*Data to examine:*

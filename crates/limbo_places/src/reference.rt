//! References to values.

ghost use Rattle.std.specs.Prelude.{◌≡◌, IfOk, IfErr, option_map};
ghost use Rattle.limbo_types.specs.View.{view_ty};
ghost use Rattle.limbo_typed.specs.View.{view_expr, view_node};
ghost use Rattle.limbo_refusals.specs.Refusals as refusals;
ghost use Rattle.limbo_refusals.specs.Refusals.{Refuses, NoneIs};
ghost use Rattle.limbo_places.specs.Targets.{Refers};
ghost use Rattle.limbo_places.specs.Choosing as choosing;

use crate::building::{boxed, put};
use limbo_refusals::{ExprFault, clash_of};
use limbo_typed::{Operation, TExpr, TNode};
use limbo_types::Ty;
use std::alloc::{AllocError, Global};

// The adt of whose values a type is.
#[tactic(auto, using(limbo_types::proofs::View::the_types, crate::proofs::Forms::no_adt))]
fn adt_of(t: &Ty) -> Option<u32>
    ensures { result ≡ choosing.adt_of (view_ty t.now) }
{
    match t {
        Ty::Adt(number) => Some(*number),
        _ => None,
    }
}

// The variant of an adt as which an operation makes a value.
#[tactic(auto, using(crate::proofs::Nodes::none_made))]
fn variant_made(adt: u32, operation: Operation) -> Option<u32>
    ensures { result ≡ choosing.variant_made adt operation }
{
    match operation {
        Operation::Adt { adt: made, variant } => { if made == adt { variant } else { None } }
        _ => None,
    }
}

// The variant of an adt as which a value is made where it is written.
#[tactic(auto, using(limbo_typed::proofs::View::the_exprs, crate::proofs::Nodes::not_made))]
fn made_as(adt: u32, node: &TNode) -> Option<u32>
    ensures { result ≡ choosing.made_as adt (view_node node.now) }
{
    match node {
        TNode::Apply { operation, .. } => variant_made(adt, *operation),
        _ => None,
    }
}

#[tactic(auto, using(limbo_types::proofs::View::the_types))]
fn ref_type(adt: u32, variant: Option<u32>) -> Ty
    ensures { view_ty result ≡ choosing.ref_type adt variant }
{
    match variant {
        Some(variant) => Ty::RefPick { adt, variant },
        None => Ty::RefAdt(adt),
    }
}

// A reference to a value of this adt.
#[tactic(auto, using(limbo_typed::proofs::View::the_exprs))]
fn reference(alloc: Global, adt: u32, value: Box<TExpr>) -> Result<Box<TExpr>, AllocError>
    ensures { IfOk result
        (λ e. view_expr e.value ≡ choosing.reference adt (view_ty value.value.ty) (view_node value.value.node)) }
{
    let variant = made_as(adt, &value.node);
    let mut args = Vec::new(alloc);
    put(&mut args, value)?;
    let operation = Operation::Ref;
    boxed(
        alloc,
        ref_type(adt, variant),
        TNode::Apply { operation, args },
    )
}

/// `ref value`: of the variant, where the value is made as one there, and else of the adt.
///
/// # Errors
/// Refusal 50, and want of memory.
pub fn refer(alloc: Global, value: Box<TExpr>) -> Result<Box<TExpr>, ExprFault>
    // It is a reference to the value.
    ensures typed { IfOk result (λ e. Refers (view_expr value.value) (view_expr e.value)) }
    // Where it is refused, there is none.
    ensures refused { IfErr result (λ f. Refuses f (λ r. (r ≡ refusals.Clash (view_ty value.value.ty) (view_ty value.value.ty))
        × NoneIs (Refers (view_expr value.value)))) }
{
    let Some(adt) = adt_of(&value.ty) else {
        return Err(clash_of(alloc, &value.ty, &value.ty));
    };
    Ok(reference(alloc, adt, value)?)
}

*The problem:* Copy out the records above without altering anything.

*Result below:*
filename crates/limbo_places/src/reference.rt
//! References to values.

ghost use Rattle.std.specs.Prelude.{◌≡◌, IfOk, IfErr, option_map};
ghost use Rattle.limbo_types.specs.View.{view_ty};
ghost use Rattle.limbo_typed.specs.View.{view_expr, view_node};
ghost use Rattle.limbo_refusals.specs.Refusals as refusals;
ghost use Rattle.limbo_refusals.specs.Refusals.{Refuses, NoneIs};
ghost use Rattle.limbo_places.specs.Targets.{Refers};
ghost use Rattle.limbo_places.specs.Choosing as choosing;

use crate::building::{boxed, put};
use limbo_refusals::{ExprFault, clash_of};
use limbo_typed::{Operation, TExpr, TNode};
use limbo_types::Ty;
use std::alloc::{AllocError, Global};

// The adt of whose values a type is.
#[tactic(auto, using(limbo_types::proofs::View::the_types, crate::proofs::Forms::no_adt))]
fn adt_of(t: &Ty) -> Option<u32>
    ensures { result ≡ choosing.adt_of (view_ty t.now) }
{
    match t {
        Ty::Adt(number) => Some(*number),
        _ => None,
    }
}

// The variant of an adt as which an operation makes a value.
#[tactic(auto, using(crate::proofs::Nodes::none_made))]
fn variant_made(adt: u32, operation: Operation) -> Option<u32>
    ensures { result ≡ choosing.variant_made adt operation }
{
    match operation {
        Operation::Adt { adt: made, variant } => { if made == adt { variant } else { None } }
        _ => None,
    }
}

// The variant of an adt as which a value is made where it is written.
#[tactic(auto, using(limbo_typed::proofs::View::the_exprs, crate::proofs::Nodes::not_made))]
fn made_as(adt: u32, node: &TNode) -> Option<u32>
    ensures { result ≡ choosing.made_as adt (view_node node.now) }
{
    match node {
        TNode::Apply { operation, .. } => variant_made(adt, *operation),
        _ => None,
    }
}

#[tactic(auto, using(limbo_types::proofs::View::the_types))]
fn ref_type(adt: u32, variant: Option<u32>) -> Ty
    ensures { view_ty result ≡ choosing.ref_type adt variant }
{
    match variant {
        Some(variant) => Ty::RefPick { adt, variant },
        None => Ty::RefAdt(adt),
    }
}

// A reference to a value of this adt.
#[tactic(auto, using(limbo_typed::proofs::View::the_exprs))]
fn reference(alloc: Global, adt: u32, value: Box<TExpr>) -> Result<Box<TExpr>, AllocError>
    ensures { IfOk result
        (λ e. view_expr e.value ≡ choosing.reference adt (view_ty value.value.ty) (view_node value.value.node)) }
{
    let variant = made_as(adt, &value.node);
    let mut args = Vec::new(alloc);
    put(&mut args, value)?;
    let operation = Operation::Ref;
    boxed(
        alloc,
        ref_type(adt, variant),
        TNode::Apply { operation, args },
    )
}

/// `ref value`: of the variant, where the value is made as one there, and else of the adt.
///
/// # Errors
/// Refusal 50, and want of memory.
pub fn refer(alloc: Global, value: Box<TExpr>) -> Result<Box<TExpr>, ExprFault>
    // It is a reference to the value.
    ensures typed { IfOk result (λ e. Refers (view_expr value.value) (view_expr e.value)) }
    // Where it is refused, there is none.
    ensures refused { IfErr result (λ f. Refuses f (λ r. (r ≡ refusals.Clash (view_ty value.value.ty) (view_ty value.value.ty))
        × NoneIs (Refers (view_expr value.value)))) }
{
    let Some(adt) = adt_of(&value.ty) else {
        return Err(clash_of(alloc, &value.ty, &value.ty));
    };
    Ok(reference(alloc, adt, value)?)
}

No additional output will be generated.